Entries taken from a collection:

·····

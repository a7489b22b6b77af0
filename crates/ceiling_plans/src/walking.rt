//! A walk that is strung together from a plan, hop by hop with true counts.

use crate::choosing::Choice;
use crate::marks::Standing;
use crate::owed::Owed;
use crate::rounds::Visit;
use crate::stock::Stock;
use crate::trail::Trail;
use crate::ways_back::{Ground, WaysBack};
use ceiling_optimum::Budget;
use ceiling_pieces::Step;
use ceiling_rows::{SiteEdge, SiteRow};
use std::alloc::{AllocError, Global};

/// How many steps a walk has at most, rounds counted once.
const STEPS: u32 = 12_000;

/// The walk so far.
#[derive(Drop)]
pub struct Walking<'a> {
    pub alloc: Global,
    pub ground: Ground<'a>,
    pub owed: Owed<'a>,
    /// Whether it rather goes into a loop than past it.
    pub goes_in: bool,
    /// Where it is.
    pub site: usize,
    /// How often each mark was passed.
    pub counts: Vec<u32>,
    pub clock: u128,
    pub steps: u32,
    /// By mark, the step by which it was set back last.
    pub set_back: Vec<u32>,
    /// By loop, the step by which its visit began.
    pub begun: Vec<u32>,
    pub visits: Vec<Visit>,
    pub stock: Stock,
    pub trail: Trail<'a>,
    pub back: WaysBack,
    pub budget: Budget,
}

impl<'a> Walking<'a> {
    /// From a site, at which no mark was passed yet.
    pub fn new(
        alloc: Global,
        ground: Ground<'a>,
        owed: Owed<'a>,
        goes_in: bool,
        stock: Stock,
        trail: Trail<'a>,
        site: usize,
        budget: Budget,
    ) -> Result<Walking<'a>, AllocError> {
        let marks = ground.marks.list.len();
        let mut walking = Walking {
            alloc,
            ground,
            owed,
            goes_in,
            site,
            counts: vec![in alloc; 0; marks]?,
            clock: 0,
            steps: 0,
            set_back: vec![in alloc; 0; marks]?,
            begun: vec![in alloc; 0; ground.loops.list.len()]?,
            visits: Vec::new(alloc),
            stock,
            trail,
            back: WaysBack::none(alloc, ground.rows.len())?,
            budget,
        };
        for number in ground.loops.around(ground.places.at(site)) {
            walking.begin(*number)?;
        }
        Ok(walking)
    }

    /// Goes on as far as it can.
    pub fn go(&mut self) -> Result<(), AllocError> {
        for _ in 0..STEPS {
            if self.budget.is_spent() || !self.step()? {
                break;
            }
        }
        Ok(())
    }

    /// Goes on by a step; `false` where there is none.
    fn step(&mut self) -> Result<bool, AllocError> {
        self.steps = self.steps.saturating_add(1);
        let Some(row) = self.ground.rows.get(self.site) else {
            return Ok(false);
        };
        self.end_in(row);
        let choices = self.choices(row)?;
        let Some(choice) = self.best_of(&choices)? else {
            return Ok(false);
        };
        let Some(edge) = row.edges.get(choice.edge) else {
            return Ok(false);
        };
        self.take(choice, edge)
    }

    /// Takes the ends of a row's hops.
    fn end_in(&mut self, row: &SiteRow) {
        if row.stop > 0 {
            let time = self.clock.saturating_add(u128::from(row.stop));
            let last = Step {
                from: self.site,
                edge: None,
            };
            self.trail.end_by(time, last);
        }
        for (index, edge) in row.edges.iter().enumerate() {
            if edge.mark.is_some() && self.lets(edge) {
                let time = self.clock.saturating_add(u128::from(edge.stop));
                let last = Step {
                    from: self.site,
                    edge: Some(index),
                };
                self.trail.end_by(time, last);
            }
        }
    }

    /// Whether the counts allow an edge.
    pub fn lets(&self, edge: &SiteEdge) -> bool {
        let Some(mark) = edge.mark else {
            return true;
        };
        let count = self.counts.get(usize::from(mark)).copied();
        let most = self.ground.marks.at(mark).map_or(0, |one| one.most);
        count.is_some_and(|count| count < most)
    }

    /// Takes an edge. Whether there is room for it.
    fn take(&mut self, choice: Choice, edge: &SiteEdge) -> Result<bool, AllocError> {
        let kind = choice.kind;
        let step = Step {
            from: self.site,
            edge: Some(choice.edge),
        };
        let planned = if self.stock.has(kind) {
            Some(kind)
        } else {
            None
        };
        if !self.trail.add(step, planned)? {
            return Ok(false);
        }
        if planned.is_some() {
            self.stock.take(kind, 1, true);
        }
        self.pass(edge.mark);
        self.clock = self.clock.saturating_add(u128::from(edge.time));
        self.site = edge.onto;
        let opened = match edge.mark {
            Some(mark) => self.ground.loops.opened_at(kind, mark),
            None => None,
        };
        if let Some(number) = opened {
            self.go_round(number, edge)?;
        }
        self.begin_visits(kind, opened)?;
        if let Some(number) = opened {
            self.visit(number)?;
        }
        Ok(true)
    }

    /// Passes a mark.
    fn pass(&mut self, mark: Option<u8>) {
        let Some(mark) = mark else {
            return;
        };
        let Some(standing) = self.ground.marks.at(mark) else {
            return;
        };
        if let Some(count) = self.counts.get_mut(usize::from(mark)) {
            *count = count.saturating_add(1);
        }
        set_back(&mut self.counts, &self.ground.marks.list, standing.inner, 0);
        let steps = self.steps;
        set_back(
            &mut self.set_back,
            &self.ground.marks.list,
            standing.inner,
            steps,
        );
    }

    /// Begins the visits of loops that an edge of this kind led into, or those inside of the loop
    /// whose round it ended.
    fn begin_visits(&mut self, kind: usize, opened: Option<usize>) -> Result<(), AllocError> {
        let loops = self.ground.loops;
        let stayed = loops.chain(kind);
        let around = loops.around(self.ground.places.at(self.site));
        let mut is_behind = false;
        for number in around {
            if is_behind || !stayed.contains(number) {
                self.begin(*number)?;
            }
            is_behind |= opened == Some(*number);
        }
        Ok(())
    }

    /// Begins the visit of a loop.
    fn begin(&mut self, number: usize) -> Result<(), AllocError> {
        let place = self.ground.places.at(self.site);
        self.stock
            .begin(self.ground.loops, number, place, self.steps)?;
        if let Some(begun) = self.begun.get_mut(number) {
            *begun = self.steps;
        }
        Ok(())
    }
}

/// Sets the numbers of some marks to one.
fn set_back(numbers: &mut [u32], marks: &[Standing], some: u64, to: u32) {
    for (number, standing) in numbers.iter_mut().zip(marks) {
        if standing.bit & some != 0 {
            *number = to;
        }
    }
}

·····

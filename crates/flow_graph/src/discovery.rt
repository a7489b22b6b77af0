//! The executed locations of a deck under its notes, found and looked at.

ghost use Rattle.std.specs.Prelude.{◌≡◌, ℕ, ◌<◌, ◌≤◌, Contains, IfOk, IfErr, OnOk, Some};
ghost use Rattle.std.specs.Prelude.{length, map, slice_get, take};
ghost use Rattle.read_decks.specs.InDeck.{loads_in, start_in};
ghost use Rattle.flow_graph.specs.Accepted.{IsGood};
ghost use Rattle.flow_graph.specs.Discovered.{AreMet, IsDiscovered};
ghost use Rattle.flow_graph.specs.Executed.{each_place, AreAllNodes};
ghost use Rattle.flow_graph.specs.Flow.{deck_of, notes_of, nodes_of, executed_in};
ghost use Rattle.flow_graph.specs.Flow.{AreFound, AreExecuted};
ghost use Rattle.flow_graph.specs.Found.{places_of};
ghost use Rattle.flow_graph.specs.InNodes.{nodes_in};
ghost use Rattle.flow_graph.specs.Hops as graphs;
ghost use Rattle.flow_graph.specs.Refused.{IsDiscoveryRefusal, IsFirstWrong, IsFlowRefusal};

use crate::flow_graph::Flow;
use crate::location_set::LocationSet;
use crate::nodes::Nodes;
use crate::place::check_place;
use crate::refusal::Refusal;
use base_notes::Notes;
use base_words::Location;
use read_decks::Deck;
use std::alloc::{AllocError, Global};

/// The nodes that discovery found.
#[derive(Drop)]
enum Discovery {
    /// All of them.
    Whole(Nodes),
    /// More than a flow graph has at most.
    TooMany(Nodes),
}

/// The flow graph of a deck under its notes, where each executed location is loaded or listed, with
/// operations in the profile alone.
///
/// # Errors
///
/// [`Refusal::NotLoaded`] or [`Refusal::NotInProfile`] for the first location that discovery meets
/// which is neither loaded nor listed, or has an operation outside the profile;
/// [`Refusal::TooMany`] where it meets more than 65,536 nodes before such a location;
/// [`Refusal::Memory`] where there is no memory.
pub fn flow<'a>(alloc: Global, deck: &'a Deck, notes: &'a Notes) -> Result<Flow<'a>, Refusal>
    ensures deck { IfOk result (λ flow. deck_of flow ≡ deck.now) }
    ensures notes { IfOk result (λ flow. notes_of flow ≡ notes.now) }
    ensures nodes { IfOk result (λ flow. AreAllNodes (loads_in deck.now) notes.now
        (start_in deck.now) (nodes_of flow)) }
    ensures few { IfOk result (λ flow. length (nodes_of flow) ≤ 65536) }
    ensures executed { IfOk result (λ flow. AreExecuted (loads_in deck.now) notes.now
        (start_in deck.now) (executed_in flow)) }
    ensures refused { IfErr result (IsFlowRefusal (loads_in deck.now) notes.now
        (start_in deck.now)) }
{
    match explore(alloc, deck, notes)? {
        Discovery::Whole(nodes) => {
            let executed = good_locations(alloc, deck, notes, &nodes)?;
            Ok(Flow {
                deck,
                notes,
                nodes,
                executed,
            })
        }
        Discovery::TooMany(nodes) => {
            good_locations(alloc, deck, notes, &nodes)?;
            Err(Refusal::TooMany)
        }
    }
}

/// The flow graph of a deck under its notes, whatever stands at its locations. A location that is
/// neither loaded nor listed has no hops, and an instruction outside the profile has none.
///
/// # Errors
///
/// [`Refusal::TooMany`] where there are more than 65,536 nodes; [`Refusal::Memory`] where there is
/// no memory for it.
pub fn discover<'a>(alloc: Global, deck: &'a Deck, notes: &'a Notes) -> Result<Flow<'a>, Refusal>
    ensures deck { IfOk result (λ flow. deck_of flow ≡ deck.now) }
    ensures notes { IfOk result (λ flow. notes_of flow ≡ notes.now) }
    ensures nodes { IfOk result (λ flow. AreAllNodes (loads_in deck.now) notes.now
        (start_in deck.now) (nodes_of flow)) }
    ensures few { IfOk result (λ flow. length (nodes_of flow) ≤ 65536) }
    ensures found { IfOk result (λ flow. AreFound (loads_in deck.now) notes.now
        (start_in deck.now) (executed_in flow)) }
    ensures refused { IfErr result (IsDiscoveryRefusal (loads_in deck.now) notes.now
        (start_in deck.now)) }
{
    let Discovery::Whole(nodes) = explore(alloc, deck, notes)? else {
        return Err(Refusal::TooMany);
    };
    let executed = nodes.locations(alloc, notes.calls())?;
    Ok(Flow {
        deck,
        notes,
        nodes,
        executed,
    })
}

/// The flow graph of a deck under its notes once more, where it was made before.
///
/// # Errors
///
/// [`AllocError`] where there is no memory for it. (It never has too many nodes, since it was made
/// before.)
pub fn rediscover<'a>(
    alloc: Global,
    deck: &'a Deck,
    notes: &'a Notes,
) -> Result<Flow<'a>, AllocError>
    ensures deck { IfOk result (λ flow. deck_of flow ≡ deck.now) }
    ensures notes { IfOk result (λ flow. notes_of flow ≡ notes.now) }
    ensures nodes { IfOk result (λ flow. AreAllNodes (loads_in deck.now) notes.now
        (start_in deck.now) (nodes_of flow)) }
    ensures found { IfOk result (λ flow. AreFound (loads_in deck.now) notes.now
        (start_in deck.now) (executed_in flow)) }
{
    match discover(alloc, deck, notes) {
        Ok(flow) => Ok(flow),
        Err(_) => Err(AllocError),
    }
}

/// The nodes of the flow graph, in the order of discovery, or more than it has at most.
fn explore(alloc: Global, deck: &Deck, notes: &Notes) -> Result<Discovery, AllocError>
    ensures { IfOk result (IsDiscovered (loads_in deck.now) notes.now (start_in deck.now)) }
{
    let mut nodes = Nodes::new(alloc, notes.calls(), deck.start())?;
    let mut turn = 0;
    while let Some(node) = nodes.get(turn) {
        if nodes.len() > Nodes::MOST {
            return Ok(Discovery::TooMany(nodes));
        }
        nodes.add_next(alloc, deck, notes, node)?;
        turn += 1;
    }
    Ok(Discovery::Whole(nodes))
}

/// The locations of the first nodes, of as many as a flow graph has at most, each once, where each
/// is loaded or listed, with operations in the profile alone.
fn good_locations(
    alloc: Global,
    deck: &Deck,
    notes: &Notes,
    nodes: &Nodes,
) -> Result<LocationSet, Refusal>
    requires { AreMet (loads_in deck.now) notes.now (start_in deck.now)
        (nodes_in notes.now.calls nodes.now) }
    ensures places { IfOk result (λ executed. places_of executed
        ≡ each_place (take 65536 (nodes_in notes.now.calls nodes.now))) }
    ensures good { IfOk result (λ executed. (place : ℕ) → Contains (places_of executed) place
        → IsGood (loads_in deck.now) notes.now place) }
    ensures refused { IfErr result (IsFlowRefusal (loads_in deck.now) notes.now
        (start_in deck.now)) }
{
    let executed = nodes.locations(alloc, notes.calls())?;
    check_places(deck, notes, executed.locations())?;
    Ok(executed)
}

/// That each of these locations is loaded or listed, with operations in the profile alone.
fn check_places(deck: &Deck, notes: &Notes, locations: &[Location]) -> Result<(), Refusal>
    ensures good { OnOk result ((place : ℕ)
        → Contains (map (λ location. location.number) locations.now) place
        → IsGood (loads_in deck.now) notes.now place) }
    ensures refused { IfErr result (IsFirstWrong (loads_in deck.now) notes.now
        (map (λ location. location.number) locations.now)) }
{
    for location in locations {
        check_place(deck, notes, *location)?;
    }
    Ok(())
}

·····

The problem: Show all of the lines above in which "Option" is present.

Result of this exercise:
    fn pass(&mut self, mark: Option<u8>) {
    fn begin_visits(&mut self, kind: usize, opened: Option<usize>) -> Result<(), AllocError> {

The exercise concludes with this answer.